### Your goal:
Write out the data in full, exactly as shown.

### Provided records:
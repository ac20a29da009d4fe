//! The routes of a mapper (ITU-T G.988, clause 9.3.10), compiled.
ghost use Rattle.std.specs.Prelude.{◌≡◌, ◌==◌, ℕ, ◌<◌, slice_index};
ghost use Rattle.std.specs.List.{list_any};

use crate::mapper_routes::{Route, by_priority, untagged};
use frame_meaning::Reason;
use managed_entity::class::Class;
use mib_state::Mib;
use pmapper::Mapper;

/// The routes of a mapper: where the frames of each priority leave, and which priority frames without a tag have.
#[derive(Drop)]
pub struct Routes {
    // The route of each priority.
    by_priority: [Route; 8],
    // The priority of frames without a tag for each DSCP, and behind them that of frames without a DSCP.
    untagged: [u8; 65],
    // Whether `untagged` depends on the DSCP.
    uses_dscp: bool,
    ghost under_eight: { (place : ℕ) → slice_index untagged place < 8 },
}

impl Routes {
    ghost use Rattle.std.specs.Prelude.{◌≡◌, ◌<◌, ℕ, Option, Some, None, false};
    ghost use Rattle.managed_entity.specs.Instance.{Instance};
    ghost use Rattle.managed_entity.specs.Shown.{mapper_instance};
    ghost use Rattle.mib_state.specs.Entities.{Entities};
    ghost use Rattle.port_plan.specs.Plan.{AreRoutes, DoesNotRead, IsDscp, dscp_place, route_of, untagged_priority};

    /// The routes of a port without a mapper: each frame is dropped for that reason.
    pub fn none() -> Self
        ensures { (e : Entities) → AreRoutes e None result }
    {
        Routes {
            by_priority: [Route::NONE; 8],
            untagged: [0; 65],
            uses_dscp: false,
        }
    }

    /// The routes of a mapper among the entities. This takes no memory.
    pub fn of(mib: &Mib, mapper: &Mapper) -> Self
        ensures { (n : ℕ)
            → AreRoutes mib.now.entities (Some (mapper_instance n mapper.now)) result }
    {
        Routes {
            by_priority: by_priority(mib, mapper),
            untagged: untagged(mapper),
            uses_dscp: mapper.unmarked_frame_option == 0,
        }
    }

    /// Whether a route was read from an instance of a class, so that it is to be compiled again where that instance changes: the
    /// GEM interworking termination point (class 266) that the mapper points to for some priority, or the GEM port network CTP
    /// (class 268) that this point points to, whether they are there or not (ITU-T G.988, clauses 9.3.10, 9.2.4 and 9.2.3). The
    /// mapper itself is no such instance.
    pub fn reads(&self, class: u16, instance: u16) -> bool
        ensures { result ≡ false → DoesNotRead class instance self.now }
    {
        let Some(class) = Class::of(class) else {
            return false;
        };
        match class {
            Class::Interwork => reads_point(&self.by_priority, instance),
            Class::GemPort => reads_ctp(&self.by_priority, instance),
            Class::OnuData | Class::Mapper | Class::Vlan => false,
        }
    }

    /// Whether the priority of frames without a tag depends on their DSCP.
    #[inline(always)]
    pub(crate) fn uses_dscp(&self) -> bool
        ensures { result ≡ self.now.uses_dscp }
    {
        self.uses_dscp
    }

    /// The priority of frames without a tag, by the place of their DSCP: its number, and 64 for none.
    #[inline(always)]
    pub(crate) fn untagged(&self, place: usize) -> u8
        requires { place < 65 }
        ensures value { (e : Entities) (mapper : Option Instance) (dscp : Option ℕ)
            → AreRoutes e mapper self.now → IsDscp dscp → place ≡ dscp_place dscp
            → result ≡ untagged_priority mapper dscp }
        ensures bound { result < 8 }
    {
        self.untagged[place]
    }

    /// The GEM port of the frames of a priority, or the reason that there is none.
    #[inline(always)]
    pub(crate) fn route(&self, priority: u8) -> Result<u16, Reason>
        requires { priority < 8 }
        ensures { (e : Entities) (mapper : Option Instance) → AreRoutes e mapper self.now
            → result ≡ route_of e mapper priority }
    {
        self.by_priority[usize::from(priority)].to
    }
}

/// Whether a route was read from a GEM interworking termination point.
#[inline(always)]
fn reads_point(routes: &[Route; 8], number: u16) -> bool
    ensures { result ≡ list_any (λ route. route.interwork == number) routes.now }
{
    routes.iter().any(|route| route.interwork == number)
}

/// Whether a route was read from a GEM port network CTP.
#[inline(always)]
fn reads_ctp(routes: &[Route; 8], number: u16) -> bool
    ensures { result ≡ list_any (λ route. route.gem_port == number) routes.now }
{
    routes.iter().any(|route| route.gem_port == number)
}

### Result below:
repository ac20a29da009d4fe
//! The routes of a mapper (ITU-T G.988, clause 9.3.10), compiled.
ghost use Rattle.std.specs.Prelude.{◌≡◌, ◌==◌, ℕ, ◌<◌, slice_index};
ghost use Rattle.std.specs.List.{list_any};

use crate::mapper_routes::{Route, by_priority, untagged};
use frame_meaning::Reason;
use managed_entity::class::Class;
use mib_state::Mib;
use pmapper::Mapper;

/// The routes of a mapper: where the frames of each priority leave, and which priority frames without a tag have.
#[derive(Drop)]
pub struct Routes {
    // The route of each priority.
    by_priority: [Route; 8],
    // The priority of frames without a tag for each DSCP, and behind them that of frames without a DSCP.
    untagged: [u8; 65],
    // Whether `untagged` depends on the DSCP.
    uses_dscp: bool,
    ghost under_eight: { (place : ℕ) → slice_index untagged place < 8 },
}

impl Routes {
    ghost use Rattle.std.specs.Prelude.{◌≡◌, ◌<◌, ℕ, Option, Some, None, false};
    ghost use Rattle.managed_entity.specs.Instance.{Instance};
    ghost use Rattle.managed_entity.specs.Shown.{mapper_instance};
    ghost use Rattle.mib_state.specs.Entities.{Entities};
    ghost use Rattle.port_plan.specs.Plan.{AreRoutes, DoesNotRead, IsDscp, dscp_place, route_of, untagged_priority};

    /// The routes of a port without a mapper: each frame is dropped for that reason.
    pub fn none() -> Self
        ensures { (e : Entities) → AreRoutes e None result }
    {
        Routes {
            by_priority: [Route::NONE; 8],
            untagged: [0; 65],
            uses_dscp: false,
        }
    }

    /// The routes of a mapper among the entities. This takes no memory.
    pub fn of(mib: &Mib, mapper: &Mapper) -> Self
        ensures { (n : ℕ)
            → AreRoutes mib.now.entities (Some (mapper_instance n mapper.now)) result }
    {
        Routes {
            by_priority: by_priority(mib, mapper),
            untagged: untagged(mapper),
            uses_dscp: mapper.unmarked_frame_option == 0,
        }
    }

    /// Whether a route was read from an instance of a class, so that it is to be compiled again where that instance changes: the
    /// GEM interworking termination point (class 266) that the mapper points to for some priority, or the GEM port network CTP
    /// (class 268) that this point points to, whether they are there or not (ITU-T G.988, clauses 9.3.10, 9.2.4 and 9.2.3). The
    /// mapper itself is no such instance.
    pub fn reads(&self, class: u16, instance: u16) -> bool
        ensures { result ≡ false → DoesNotRead class instance self.now }
    {
        let Some(class) = Class::of(class) else {
            return false;
        };
        match class {
            Class::Interwork => reads_point(&self.by_priority, instance),
            Class::GemPort => reads_ctp(&self.by_priority, instance),
            Class::OnuData | Class::Mapper | Class::Vlan => false,
        }
    }

    /// Whether the priority of frames without a tag depends on their DSCP.
    #[inline(always)]
    pub(crate) fn uses_dscp(&self) -> bool
        ensures { result ≡ self.now.uses_dscp }
    {
        self.uses_dscp
    }

    /// The priority of frames without a tag, by the place of their DSCP: its number, and 64 for none.
    #[inline(always)]
    pub(crate) fn untagged(&self, place: usize) -> u8
        requires { place < 65 }
        ensures value { (e : Entities) (mapper : Option Instance) (dscp : Option ℕ)
            → AreRoutes e mapper self.now → IsDscp dscp → place ≡ dscp_place dscp
            → result ≡ untagged_priority mapper dscp }
        ensures bound { result < 8 }
    {
        self.untagged[place]
    }

    /// The GEM port of the frames of a priority, or the reason that there is none.
    #[inline(always)]
    pub(crate) fn route(&self, priority: u8) -> Result<u16, Reason>
        requires { priority < 8 }
        ensures { (e : Entities) (mapper : Option Instance) → AreRoutes e mapper self.now
            → result ≡ route_of e mapper priority }
    {
        self.by_priority[usize::from(priority)].to
    }
}

/// Whether a route was read from a GEM interworking termination point.
#[inline(always)]
fn reads_point(routes: &[Route; 8], number: u16) -> bool
    ensures { result ≡ list_any (λ route. route.interwork == number) routes.now }
{
    routes.iter().any(|route| route.interwork == number)
}

/// Whether a route was read from a GEM port network CTP.
#[inline(always)]
fn reads_ctp(routes: &[Route; 8], number: u16) -> bool
    ensures { result ≡ list_any (λ route. route.gem_port == number) routes.now }
{
    routes.iter().any(|route| route.gem_port == number)
}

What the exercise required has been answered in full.